Most trades qualify – including those in both software development and testing. Apart from being established in the UK, you must not be trading on a recognised stock exchange at the time of the share issue and must not have any arrangements in place to become quoted.
For start-ups, SEIS is an attractive way to target funding. And just because a company has availed of SEIS funding does not mean it cannot go on to raise further funding from an EIS, although the amount it can raise from this will be reduced to up to £4.85million.
A company raising money under EIS must do so within the first seven years of its first commercial sales. If you did not receive investment within the first seven years, or now want to raise money for a different activity from a previous investment, you will have to show that the money is required to enter a completely new product market (if you’re staying in the testing industry it’s important to take advice to determine whether you’d qualify) or a new geographic market and that the money you are seeking is at least 50% of the company’s average annual turnover for the last five years.
If you are an investor, you have to source the entity or entities you are going to invest in which you might do through a trusted fund manager, or you might find a corporate finance house that has an opportunity.
You would need to get out into the market and network and identify what it is you would like to invest in. Investors need to look at the investments and make sure they are sound. It is all too easy to get distracted by the tax relief. The tax relief is great to have; it is obviously hugely advantageous. But what is the point of tax relief if the investment is rubbish?

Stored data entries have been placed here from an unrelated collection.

//! The errors of a call that builds a literal.
ghost use Rattle.std.specs.Prelude.{◌≡◌, Some};
ghost use Rattle.litrs_base.specs.Refusal.{kind_of};

use litrs::{ParseError, ParseErrorKind};
use std::alloc::AllocError;
use std::error::Error;
use std::fmt;

/// The reason why a literal was not built.
#[derive(Clone, Copy, Debug, PartialEq, Eq)]
pub enum BuildError {
    /// The suffix is neither empty nor an identifier other than `_`, for example `u 8`; or no
    /// integer of the base has it, for example `f32` in base sixteen.
    NotASuffix,
    /// The value of a C string contains a NUL.
    HasNul {
        /// The index of the first NUL, in bytes.
        at: usize,
    },
    /// The value is not that of a raw string.
    NotRaw,
    /// The parts are not those of a float.
    NotAFloat,
    /// An allocation failed.
    Memory,
}

impl fmt::Display for BuildError {
    ghost use Rattle.litrs_build.specs.ErrorText.{build_error_text};

    ghost output = { λ error. Some (build_error_text error) };

    fn fmt<W: fmt::Write>(&self, f: &mut fmt::Formatter<W>) -> fmt::Result {
        match self {
            BuildError::NotASuffix => f.write_str("not a suffix"),
            BuildError::HasNul { at } => write!(f, "NUL at byte {at} of a C string"),
            BuildError::NotRaw => f.write_str("not the value of a raw string"),
            BuildError::NotAFloat => f.write_str("not the parts of a float"),
            BuildError::Memory => f.write_str("out of memory"),
        }
    }
}

impl Error for BuildError {}

impl From<AllocError> for BuildError {
    ghost use Rattle.litrs_build.specs.declared.error.BuildError.TheVariants.{Memory};

    ghost from_gives = { λ _ error. error ≡ Memory };

    fn from(_: AllocError) -> Self {
        BuildError::Memory
    }
}

/// Returns the error of a failed parse of a text that is a literal: an allocation failed.
pub(crate) fn memory_error(error: &ParseError) -> BuildError
    requires { kind_of error.now ≡ ParseErrorKind.OutOfMemory }
    ensures { result ≡ BuildError.Memory }
{
    match error.kind() {
        ParseErrorKind::OutOfMemory => BuildError::Memory,
        _ => unreachable!(),
    }
}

The business still has to have the necessary fundamentals. You still have to assess it. Is the management team any good? Are the businesses you are investing in worth it? Remember it is your cash you are going to have to invest. The tax relief should not blind you to good common-sense investment practice.
If you are a company seeking investment, you have got to get a specialist tax adviser to help you acquire the necessary approval to do so, the tax relief accreditation letter and advance assurance.
You have either got to market it through a fund manager or a corporate finance house to high-net-worth individuals who are qualified to look at it.
There are various platforms people use to market investment in their companies – not crowdfunding ones, however. For most of the EIS opportunities, you need an introducer or a specialist finance company that will manage everything and probably have a roster of companies for which they want to raise money.
You must complete a separate application for each share issue and if your application is successful, HMRC will confirm the decision and send you compliance certificates to give to your investors.
Your investors cannot claim the tax relief until they receive their compliance certificate.
Both schemes are success stories. The latest available HMRC statistics show that since EIS was introduced, 26,355 companies have received investment and almost £16.2billion of funds have been raised.
In 2015-16, 3,470 companies raised a total of £1.89billion of funds under EIS and in 2014-15, 3,370 firms raised £1.92billion of funds.
The HMRC statistics show that in 2015-16, companies from the hi-tech and business services sector made up 68% of the amount of SIES investment received.
Other venture capital schemes
Social Investment Tax Relief (SITR) allows individuals to claim relief on £1million of annual investment and provides 30% of income tax relief.
VCTs allow an annual investment of £200,000 on which they can claim 30% tax relief. With VCTs no tax is payable on dividends where it is on SITR, SEIS and EIS.
Investors can get capital gains tax relief on any profits they make under all four of the schemes.
With SITR there is also the option to invest through a debt instrument.
The rules of VCTs might be a little complex to navigate for both company and investor if new to these kinds of arrangements.
It is very easy for investors and companies to come unstuck. Seeking expert guidance can help stop both from getting their fingers burnt.